PROBLEM TO WORK ON:
Using the data beneath this instruction, retype only the lines from the one that contains "turns[client] += 1;" down to the one that contains "fn may(&self, step: &Step) -> bool", both included, exactly as they appear.

INFORMATION:

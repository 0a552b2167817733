//! The device for C: units in, units and data out, over one call with a door.
ghost use Rattle.std.specs.Prelude.{◌≡◌, option_map};
ghost use Rattle.block_unit.specs.BlockMaps.{BlockMaps};
ghost use Rattle.uas_profile.specs.declared.TheConstants.{GREATEST_TAG};
ghost use Rattle.uas_target.specs.Device.{Device, opening, wanted};
ghost use Rattle.uas_device_c.specs.DeviceCall.{after_call, after_give, after_next, after_receive, after_sent, after_size, after_status, after_take};
ghost use Rattle.uas_device_c.specs.DeviceCall.{call_numbered, unit_numbered, with_phase, with_took};

mod ended;
mod handle;

use crate::device::ended::{ENDED_BYTES, next_task, receive_bytes};
use block_unit::Unit;
use c_common::faults::{
    DEVICE_CALL, DEVICE_LENGTH, DEVICE_OVERLAP, DEVICE_PHASE, DEVICE_RANGE, DEVICE_UNIT,
};
use c_common::{OfUnits, ShownFaults, put_unit, show};
use std::alloc::{AllocError, Global};
use std::marker::Model;
use uas_iu::lun_bytes;
use uas_target::{Phase, Target, Took};

/// What a call of the device asks and answers. C writes `call` and what that call reads; the call writes what it answers.
#[repr(C)]
#[derive(Clone, Copy)]
pub struct UasDeviceDoor {
    /// The call, 1 to 11.
    pub call: u8,
    /// Out of WANTS: 0 absent, 1 gives, 2 takes, 3 ends.
    pub phase: u8,
    /// Out of GIVE and TAKE: 0 at a bad block, else 1. Out of RECEIVE: 1 where a task began, else 0. Out of NEXT: 1 where there is one, else 0.
    pub good: u8,
    pub reserved: u8,
    /// Of WANTS to SENT, and of NEXT. Out of RECEIVE: the tag on which a task began. Out of NEXT: the tag that was found.
    pub tag: u16,
    /// Of SIZE, BLOCKS and MEDIUM: the unit's number.
    pub unit: u16,
    /// Of BLOCKS and MEDIUM: the first block.
    pub lba: u32,
    /// Out of WANTS: bytes of the chunk. Out of STATUS: bytes of the unit. Out of SIZE: blocks.
    pub length: u32,
    /// Out of RECEIVE: bit t mod 8 of byte t div 8 is 1 where that ended the task of tag t.
    pub ended: [u8; ENDED_BYTES],
}

/// A device, as its handle has it.
#[derive(Drop)]
pub(crate) struct KeptDevice {
    target: Target,
}

impl Model for KeptDevice {
    ghost use Rattle.uas_target.specs.Device.{Device};

    ghost Value = { Device };

    ghost view = { λ kept. kept.target };
}

impl OfUnits for KeptDevice {
    ghost is_of = { λ units device. device ≡ opening GREATEST_TAG units };

    fn of_units(alloc: Global, units: Vec<Unit>) -> Result<KeptDevice, AllocError> {
        let target = Target::new(alloc, units)?;
        Ok(KeptDevice { target })
    }
}

/// A call, by its number.
#[derive(Clone, Copy)]
enum Call {
    Receive,
    Wants,
    Give,
    Take,
    Status,
    Sent,
    Size,
    Blocks,
    Medium,
    Next,
    Reset,
}

/// By which a look at blocks is refused.
const SHOWN: ShownFaults = ShownFaults {
    no_unit: DEVICE_UNIT,
    not_whole: DEVICE_LENGTH,
    beyond: DEVICE_RANGE,
};

fn call_numbered(number: u8) -> Option<Call>
    ensures { result ≡ call_numbered number }
{
    match number {
        1 => Some(Call::Receive),
        2 => Some(Call::Wants),
        3 => Some(Call::Give),
        4 => Some(Call::Take),
        5 => Some(Call::Status),
        6 => Some(Call::Sent),
        7 => Some(Call::Size),
        8 => Some(Call::Blocks),
        9 => Some(Call::Medium),
        10 => Some(Call::Next),
        11 => Some(Call::Reset),
        _ => None,
    }
}

/// The call that a door names; the number of its refusal, or 0.
pub(crate) fn serve(kept: &mut KeptDevice, door: &mut UasDeviceDoor, bytes: &mut [u8]) -> u8
    ensures { (result, (kept.new, (door.new, bytes.new))) ≡ after_call kept.old door.old bytes.old }
{
    let Some(call) = call_numbered(door.call) else {
        return DEVICE_CALL;
    };
    let target = &mut kept.target;
    match call {
        Call::Receive => receive(target, door, bytes),
        Call::Wants => show_phase(target, door),
        Call::Give => give(target, door, bytes),
        Call::Take => take_chunk(target, door, bytes),
        Call::Status => status(target, door, bytes),
        Call::Sent => sent(target, door),
        Call::Size => size(target, door),
        Call::Blocks => show(
            SHOWN,
            contents_of(target, door.unit),
            u64::from(door.lba),
            bytes,
        ),
        Call::Medium => show(
            SHOWN,
            medium_of(target, door.unit),
            u64::from(door.lba),
            bytes,
        ),
        Call::Next => show_next(target, door),
        Call::Reset => {
            target.reset();
            0
        }
    }
}

fn receive(target: &mut Target, door: &mut UasDeviceDoor, bytes: &[u8]) -> u8
    ensures { (result, (target.new, door.new)) ≡ after_receive target.old door.old bytes.now }
{
    let (received, ended) = receive_bytes(target, bytes);
    let Ok(took) = received else {
        return DEVICE_OVERLAP;
    };
    show_took(door, took, ended);
    0
}

/// Tells what came of received bytes, and whose tasks that ended.
fn show_took(door: &mut UasDeviceDoor, took: Took, ended: [u8; ENDED_BYTES])
    ensures { door.new ≡ with_took door.old ended took }
{
    door.ended = ended;
    match took {
        Took::Began(tag) => {
            door.good = 1;
            door.tag = tag;
        }
        Took::Dropped => door.good = 0,
    }
}

/// What the device does next on the door's tag.
fn show_phase(target: &Target, door: &mut UasDeviceDoor) -> u8
    ensures fault { result ≡ 0 }
    ensures door { door.new ≡ with_phase door.old (wanted target.now door.old.tag) }
{
    let (phase, length) = match target.wants(door.tag) {
        Phase::Absent => (0, 0),
        Phase::Gives(size) => (1, size),
        Phase::Takes(size) => (2, size),
        Phase::Ends => (3, 0),
    };
    door.phase = phase;
    door.length = length as u32;
    0
}

fn give(target: &mut Target, door: &mut UasDeviceDoor, bytes: &mut [u8]) -> u8
    ensures { (result, (target.new, (door.new, bytes.new))) ≡ after_give target.old door.old bytes.old }
{
    let Phase::Gives(size) = target.wants(door.tag) else {
        return DEVICE_PHASE;
    };
    if bytes.len() != size {
        return DEVICE_LENGTH;
    }
    door.good = u8::from(target.give_chunk(door.tag, bytes));
    0
}

fn take_chunk(target: &mut Target, door: &mut UasDeviceDoor, bytes: &[u8]) -> u8
    ensures { (result, (target.new, door.new)) ≡ after_take target.old door.old bytes.now }
{
    let Phase::Takes(size) = target.wants(door.tag) else {
        return DEVICE_PHASE;
    };
    if bytes.len() != size {
        return DEVICE_LENGTH;
    }
    door.good = u8::from(target.take_chunk(door.tag, bytes));
    0
}

fn status(target: &Target, door: &mut UasDeviceDoor, bytes: &mut [u8]) -> u8
    ensures { (result, (target.now, (door.new, bytes.new))) ≡ after_status target.now door.old bytes.old }
{
    let Some(unit) = target.status_of(door.tag) else {
        return DEVICE_PHASE;
    };
    let Some(size) = put_unit(&unit, bytes) else {
        return DEVICE_LENGTH;
    };
    door.length = size as u32;
    0
}

fn sent(target: &mut Target, door: &UasDeviceDoor) -> u8
    ensures { (result, (target.new, door.now)) ≡ after_sent target.old door.now }
{
    if !matches!(target.wants(door.tag), Phase::Ends) {
        return DEVICE_PHASE;
    }
    target.sent(door.tag);
    0
}

/// The next tag that has a task.
fn show_next(target: &Target, door: &mut UasDeviceDoor) -> u8
    ensures { (result, (target.now, door.new)) ≡ after_next target.now door.old }
{
    match next_task(target, door.tag) {
        Some(next) => {
            door.good = 1;
            door.tag = next;
        }
        None => door.good = 0,
    }
    0
}

/// The unit of a number.
fn unit_numbered(target: &Target, number: u16) -> Option<&Unit>
    ensures { option_map (λ unit. unit.now) result ≡ unit_numbered target.now.units number }
{
    if number > 255 {
        return None;
    }
    target.unit(&lun_bytes(number as u8))
}

fn size(target: &Target, door: &mut UasDeviceDoor) -> u8
    ensures { (result, (target.now, door.new)) ≡ after_size target.now door.old }
{
    let Some(unit) = unit_numbered(target, door.unit) else {
        return DEVICE_UNIT;
    };
    door.length = unit.blocks();
    0
}

pub(crate) fn contents_of(target: &Target, number: u16) -> Option<&[u8]>
    ensures { option_map (λ all. all.now) result ≡ option_map (λ unit. unit.blocks) (unit_numbered target.now.units number) }
{
    match unit_numbered(target, number) {
        Some(unit) => Some(unit.contents()),
        None => None,
    }
}

pub(crate) fn medium_of(target: &Target, number: u16) -> Option<&[u8]>
    ensures { option_map (λ all. all.now) result ≡ option_map (λ unit. unit.medium) (unit_numbered target.now.units number) }
{
    match unit_numbered(target, number) {
        Some(unit) => Some(unit.medium()),
        None => None,
    }
}
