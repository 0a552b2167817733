//! Where clients and pumps meet: the desk of slips, and the board of doorbells.
ghost use Rattle.std.specs.Prelude.{◌≡◌, ◌*◌, ◌≤◌, All, IfOk};
ghost use Rattle.uas_profile.specs.declared.TheConstants.{MAX_CLIENTS, STREAMS};
ghost use Rattle.uas_profile.specs.Tags.{AreTags};
ghost use Rattle.tag_desk.specs.Seats.{AreNewCustomers, AreServersBelow, IsClientOf, IsPumpOf};
ghost use Rattle.door_board.specs.Counts.{IsSeatOf};
ghost use Rattle.uas_work.specs.Parts.{AreClientParts, ArePumpParts, IsDeskFor};

use crate::parts::{ClientPart, PumpPart};
use crate::{Held, PumpCount};
use door_board::{Board, Seat};
use std::alloc::{AllocError, Global};
use tag_desk::{ClientSeat, Desk, Seats, WorkSeat};
use tag_range::ClientRange;

/// The desk and the board, and for how many clients and pumps they were made.
#[derive(Drop)]
pub(crate) struct DeskAndBoard {
    pub(crate) desk: Desk,
    pub(crate) board: Board,
    pub(crate) clients: usize,
    pub(crate) pumps: usize,
    ghost made: { IsDeskFor desk clients pumps },
}

/// A desk and a board, and what each worker has of its own there.
#[derive(Drop)]
pub(crate) struct Opened {
    pub(crate) shared: DeskAndBoard,
    pub(crate) clients: Vec<ClientPart>,
    pub(crate) pumps: Vec<PumpPart>,
}

/// A desk and a board for so many clients with so many tags each, and for so many pumps, with a worker's part for each; a client's has
/// room for the replies of so many rounds.
pub(crate) fn open_desk_and_board(
    alloc: Global,
    clients: usize,
    tags: usize,
    pumps: PumpCount,
    rounds: u32,
) -> Result<Opened, AllocError>
    requires tags { AreTags tags }
    requires some { 1 ≤ clients }
    requires most { clients ≤ MAX_CLIENTS }
    requires streams { clients * tags ≤ STREAMS }
    ensures number { IfOk result (λ opened. opened.shared.clients ≡ clients) }
    ensures tags { IfOk result (λ opened. opened.shared.desk.tags ≡ tags) }
    ensures clients { IfOk result (λ opened. AreClientParts opened.shared.desk opened.shared.board rounds opened.clients.items) }
    ensures pumps { IfOk result (λ opened. ArePumpParts opened.shared.desk opened.shared.board opened.pumps.items) }
{
    let pumps = pumps.count();
    let (desk, seats) = Desk::with_tags(alloc, clients, pumps, tags)?;
    let (board, mut bells) = Board::new(alloc, clients + pumps)?;
    let shared = DeskAndBoard {
        desk,
        board,
        clients,
        pumps,
    };
    let Seats {
        clients: customers,
        pumps: servers,
    } = seats;
    let client_parts = shared.client_parts(alloc, customers, &mut bells, rounds)?;
    let pump_parts = shared.pump_parts(alloc, servers, &mut bells)?;
    Ok(Opened {
        shared,
        clients: client_parts,
        pumps: pump_parts,
    })
}

impl DeskAndBoard {
    /// A part for each client, of its seat and of one of the bells, with room for the replies of so many rounds.
    fn client_parts(
        &self,
        alloc: Global,
        seats: Vec<ClientSeat>,
        bells: &mut Vec<Seat>,
        rounds: u32,
    ) -> Result<Vec<ClientPart>, AllocError>
        requires seats { AreNewCustomers self.now.desk.table self.now.desk.tags self.now.clients seats.items }
        requires own { All (IsClientOf self.now.desk) seats.items }
        requires bells { All (IsSeatOf self.now.board) bells.old.items }
        ensures bells { All (IsSeatOf self.now.board) bells.new.items }
        ensures parts { IfOk result (λ parts. AreClientParts self.now.desk self.now.board rounds parts.items) }
    {
        let mut parts = Vec::with_capacity(alloc, self.clients)?;
        let tags = self.desk.tags();
        let mut client = 0u8;
        for seat in seats {
            let Some(bell) = bells.pop() else {
                return Err(AllocError);
            };
            let replies = Vec::with_capacity(alloc, 2 * rounds as usize)?;
            parts.push(ClientPart {
                client,
                seat,
                bell,
                tags: ClientRange::new(tags, client),
                replies,
            })?;
            client += 1;
        }
        Ok(parts)
    }

    /// A part for each pump, of its seat and of one of the bells.
    fn pump_parts(
        &self,
        alloc: Global,
        seats: Vec<WorkSeat>,
        bells: &mut Vec<Seat>,
    ) -> Result<Vec<PumpPart>, AllocError>
        requires seats { AreServersBelow self.now.desk (self.now.desk.tags * self.now.clients) seats.items }
        requires own { All (IsPumpOf self.now.desk) seats.items }
        requires bells { All (IsSeatOf self.now.board) bells.old.items }
        ensures parts { IfOk result (λ parts. ArePumpParts self.now.desk self.now.board parts.items) }
    {
        let mut parts = Vec::with_capacity(alloc, self.pumps)?;
        let tags = self.desk.tags();
        let mut pump = 0usize;
        for seat in seats {
            let Some(bell) = bells.pop() else {
                return Err(AllocError);
            };
            let held = Held::with_tags(alloc, self.clients, tags)?;
            parts.push(PumpPart {
                pump,
                seat,
                held,
                bell,
            })?;
            pump += 1;
        }
        Ok(parts)
    }
}
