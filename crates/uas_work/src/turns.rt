//! How many submissions of each client a log has.
ghost use Rattle.std.specs.Prelude.{◌≡◌, ℕ, ◌<◌, ◌^◌, slice_index};
ghost use Rattle.uas_profile.specs.declared.TheConstants.{MAX_CLIENTS};
ghost use Rattle.uas_work.specs.Booked.{with_turn, with_turn_of};

use bus_core::Step;
use uas_profile::MAX_CLIENTS;

/// Counts a step where it is a submission of a client that a bus can have. Asks that no count is near its end.
pub(crate) fn count_turn(turns: &mut [u64; MAX_CLIENTS], step: &Step)
    requires { (client : ℕ) → client < MAX_CLIENTS → slice_index turns.old client < 2 ^ 32 }
    ensures { turns.new ≡ with_turn turns.old step.now }
{
    match step {
        Step::Submit { client, .. } | Step::Task { client, .. } => count_one(turns, *client),
        Step::CommandPipe
        | Step::Data(_)
        | Step::Status(_)
        | Step::Engine
        | Step::Event
        | Step::Retire(_, _)
        | Step::Take(_) => {}
    }
}

fn count_one(turns: &mut [u64; MAX_CLIENTS], client: usize)
    requires { (client : ℕ) → client < MAX_CLIENTS → slice_index turns.old client < 2 ^ 32 }
    ensures { turns.new ≡ with_turn_of turns.old client }
{
    if client < MAX_CLIENTS {
        turns[client] += 1;
    }
}
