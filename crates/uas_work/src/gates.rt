//! What the workers are allowed, and who looks at their log while it grows.
ghost use Rattle.std.specs.Prelude.{Bool};
ghost use Rattle.shared_machine.specs.declared.Step.{Step};
ghost use Rattle.uas_log.specs.Booking.{IsReplay};

use bus_core::Step;
use std::alloc::Global;
use uas_log::Log;

/// Who may take a step, asked under the lock each time anew. A gate may also look at the log while it grows, and hold replies back until
/// what they stand on is settled: then [`spawn_all`](crate::spawn_all) has one worker more, which looks and settles turn by turn.
pub trait Gate {
    /// What it tells that the gate answers so of a step.
    ghost says: { Self → Step → Bool → Type 0 };

    /// Whether a client's worker may submit once more.
    fn turn(&self, worker: u32) -> bool;

    /// Whether this step may be taken now.
    fn may(&self, step: &Step) -> bool
        ensures { says self.now step.now result };

    /// Whether it looks at the log.
    fn is_looking(&self) -> bool {
        false
    }

    /// Looks at the log, under the lock. Asks for a log that is its own replay.
    fn look(&self, alloc: Global, log: &Log)
        requires { IsReplay log.now }
    {
        let _ = alloc;
        let _ = log;
    }

    /// Does what a look asks for, without the lock. Where it answers false the workers end.
    fn settle(&self) -> bool {
        true
    }

    /// The number of the next look: so many have begun.
    fn next_look(&self) -> u64 {
        0
    }

    /// Whether a client may have replies that were booked before the look of this number began.
    fn may_tell(&self, look: u64) -> bool {
        let _ = look;
        true
    }
}

/// The gate that is open.
#[derive(Clone, Copy, Debug, PartialEq, Eq)]
pub struct Unhindered;

impl Gate for Unhindered {
    ghost use Rattle.std.specs.Prelude.{◌≡◌, true};

    ghost says = { λ gate step answer. answer ≡ true };

    fn turn(&self, _worker: u32) -> bool {
        true
    }

    fn may(&self, _step: &Step) -> bool {
        true
    }
}
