//! Information units for C (INCITS 471): a record in place of the enum.
ghost use Rattle.std.specs.Prelude.{◌≡◌, ◌≤◌, ◌<◌, ◌++◌, ℕ, drop, false, length, IfNone, IfSome, IfOk, IfErr, OnOk, Some};
ghost use Rattle.arrayvec.specs.ArrayVec.{array_vec_len};
ghost use Rattle.uas_iu.specs.Faults.{first_fault};
ghost use Rattle.uas_iu.specs.Units.{Fits, IsTextOf, unit_size, unit_text};
ghost use Rattle.uas_iu.specs.declared.Iu.{Iu};
ghost use Rattle.c_common.specs.declared.faults.TheConstants.{UNIT_UNFIT, UNIT_UNKNOWN_ID};
ghost use Rattle.c_common.specs.trb.RecordFault.{record_fault};
ghost use Rattle.uas_device_c.specs.UnitRecord.{has_too_much_sense, named_unit, record_size, unit_read_fault, unit_record, unit_write_fault};

use arrayvec::ArrayVec;
use c_common::faults::{
    UNIT_LENGTH_FIELD, UNIT_LONG, UNIT_NO_ROOM, UNIT_RESERVED_SET, UNIT_SHORT, UNIT_UNFIT,
    UNIT_UNKNOWN_ID,
};
use c_common::trb::RecordFault;
use c_common::{padded, put_unit};
use uas_iu::{
    CDB_BYTES, COMMAND_ID, Iu, IuFault, LUN_BYTES, MAX_SENSE_BYTES, RESPONSE_ID, SENSE_ID, TASK_ID,
};

/// An information unit as C has it. A part that the unit hasn't is 0 where it is written, and isn't looked at where it is
/// read.
#[repr(C)]
#[derive(Clone, Copy)]
pub struct UasUnit {
    /// Byte 0 of the unit.
    pub id: u8,
    /// Sense: the SCSI status.
    pub status: u8,
    /// Response: the response code.
    pub code: u8,
    /// Task Management: the function.
    pub function: u8,
    pub tag: u16,
    /// Task Management: the tag of the task.
    pub task_tag: u16,
    /// Command and Task Management.
    pub lun: [u8; LUN_BYTES],
    /// Command.
    pub cdb: [u8; CDB_BYTES],
    /// Sense: the bytes of sense data, at most 96.
    pub sense_length: u8,
    /// Sense: the sense data.
    pub sense: [u8; MAX_SENSE_BYTES],
    pub reserved: [u8; 3],
}

fn fault_number(fault: &IuFault) -> u8
    ensures { result ≡ unit_read_fault (Some fault.now) }
{
    match fault {
        IuFault::UnknownId => UNIT_UNKNOWN_ID,
        IuFault::Short => UNIT_SHORT,
        IuFault::Long => UNIT_LONG,
        IuFault::ReservedSet => UNIT_RESERVED_SET,
        IuFault::LengthField => UNIT_LENGTH_FIELD,
    }
}

/// The record of a unit.
fn record_of(unit: &Iu) -> UasUnit
    ensures { result ≡ unit_record unit.now }
{
    let empty = UasUnit {
        id: 0,
        status: 0,
        code: 0,
        function: 0,
        tag: 0,
        task_tag: 0,
        lun: [0; LUN_BYTES],
        cdb: [0; CDB_BYTES],
        sense_length: 0,
        sense: [0; MAX_SENSE_BYTES],
        reserved: [0; 3],
    };
    match unit {
        Iu::Command { tag, lun, cdb } => UasUnit {
            id: COMMAND_ID,
            tag: *tag,
            lun: *lun,
            cdb: *cdb,
            ..empty
        },
        Iu::Sense { tag, status, sense } => UasUnit {
            id: SENSE_ID,
            tag: *tag,
            status: *status,
            sense_length: sense.len() as u8,
            sense: padded(sense),
            ..empty
        },
        Iu::Response { tag, code } => UasUnit {
            id: RESPONSE_ID,
            tag: *tag,
            code: *code,
            ..empty
        },
        Iu::Task {
            tag,
            function,
            task_tag,
            lun,
        } => UasUnit {
            id: TASK_ID,
            tag: *tag,
            function: *function,
            task_tag: *task_tag,
            lun: *lun,
            ..empty
        },
    }
}

/// Reads a unit. A fault of `IuFault`, the first that holds: then `unit` is as it was.
#[unsafe(no_mangle)]
pub extern "C" fn uas_unit_read(bytes: &[u8], unit: &mut UasUnit) -> u8
    ensures fault { result ≡ unit_read_fault (first_fault bytes.now) }
    ensures unit { (read : Iu) → IsTextOf bytes.now read → (result ≡ 0) × (unit.new ≡ unit_record read) }
    ensures text { result ≡ 0 → IfSome (named_unit unit.new) (λ read. IsTextOf bytes.now read) }
    ensures refused { 0 < result → unit.new ≡ unit.old }
{
    match uas_iu::read(bytes) {
        Ok(read) => {
            *unit = record_of(&read);
            0
        }
        Err(fault) => fault_number(&fault),
    }
}

/// The unit that a record names. The error is the fault.
fn read_record(fields: &UasUnit) -> Result<Iu, RecordFault>
    ensures unit { IfOk result (λ unit. named_unit fields.now ≡ Some unit) }
    ensures fits { OnOk result (has_too_much_sense fields.now ≡ false) }
    ensures size { IfOk result (λ unit. unit_size unit ≡ record_size fields.now) }
    ensures unknown { IfErr result (λ fault. (room : ℕ) → record_fault UNIT_UNKNOWN_ID UNIT_UNFIT fault ≡ unit_write_fault fields.now room) }
{
    let tag = fields.tag;
    match fields.id {
        COMMAND_ID => Ok(Iu::Command {
            tag,
            lun: fields.lun,
            cdb: fields.cdb,
        }),
        SENSE_ID => {
            let length = usize::from(fields.sense_length);
            if length > MAX_SENSE_BYTES {
                return Err(RecordFault::Unfit);
            }
            Ok(Iu::Sense {
                tag,
                status: fields.status,
                sense: listed(&fields.sense[..length]),
            })
        }
        RESPONSE_ID => Ok(Iu::Response {
            tag,
            code: fields.code,
        }),
        TASK_ID => Ok(Iu::Task {
            tag,
            function: fields.function,
            task_tag: fields.task_tag,
            lun: fields.lun,
        }),
        _ => Err(RecordFault::Unknown),
    }
}

/// The bytes of sense data, at most 96.
fn listed(bytes: &[u8]) -> ArrayVec<u8, MAX_SENSE_BYTES>
    requires { length bytes.now ≤ 96 }
    ensures { result.items ≡ bytes.now }
{
    let mut sense = ArrayVec::new();
    let _ = sense.try_extend_from_slice(bytes);
    sense
}

/// Writes a unit to the front of `bytes` and tells how many it has. `UNIT_UNKNOWN_ID` another identifier, `UNIT_UNFIT` more than 96 bytes of
/// sense, `UNIT_NO_ROOM` too little room: then `bytes` and `written` are as they were.
#[unsafe(no_mangle)]
pub extern "C" fn uas_unit_write(unit: &UasUnit, bytes: &mut [u8], written: &mut usize) -> u8
    ensures fault { result ≡ unit_write_fault unit.now (length bytes.old) }
    ensures length { result ≡ 0 → written.new ≡ record_size unit.now }
    ensures text { result ≡ 0 → IfSome (named_unit unit.now) (λ named. bytes.new ≡ unit_text named ++ drop (record_size unit.now) bytes.old) }
    ensures refused { 0 < result → (bytes.new ≡ bytes.old) × (written.new ≡ written.old) }
{
    let named = match read_record(unit) {
        Ok(named) => named,
        Err(fault) => return fault.number(UNIT_UNKNOWN_ID, UNIT_UNFIT),
    };
    match put_unit(&named, bytes) {
        Some(size) => {
            *written = size;
            0
        }
        None => UNIT_NO_ROOM,
    }
}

PROBLEM SOLUTION:
        turns[client] += 1;
    }
}
filename crates/uas_work/src/gates.rt
//! What the workers are allowed, and who looks at their log while it grows.
ghost use Rattle.std.specs.Prelude.{Bool};
ghost use Rattle.shared_machine.specs.declared.Step.{Step};
ghost use Rattle.uas_log.specs.Booking.{IsReplay};

use bus_core::Step;
use std::alloc::Global;
use uas_log::Log;

/// Who may take a step, asked under the lock each time anew. A gate may also look at the log while it grows, and hold replies back until
/// what they stand on is settled: then [`spawn_all`](crate::spawn_all) has one worker more, which looks and settles turn by turn.
pub trait Gate {
    /// What it tells that the gate answers so of a step.
    ghost says: { Self → Step → Bool → Type 0 };

    /// Whether a client's worker may submit once more.
    fn turn(&self, worker: u32) -> bool;

    /// Whether this step may be taken now.
    fn may(&self, step: &Step) -> bool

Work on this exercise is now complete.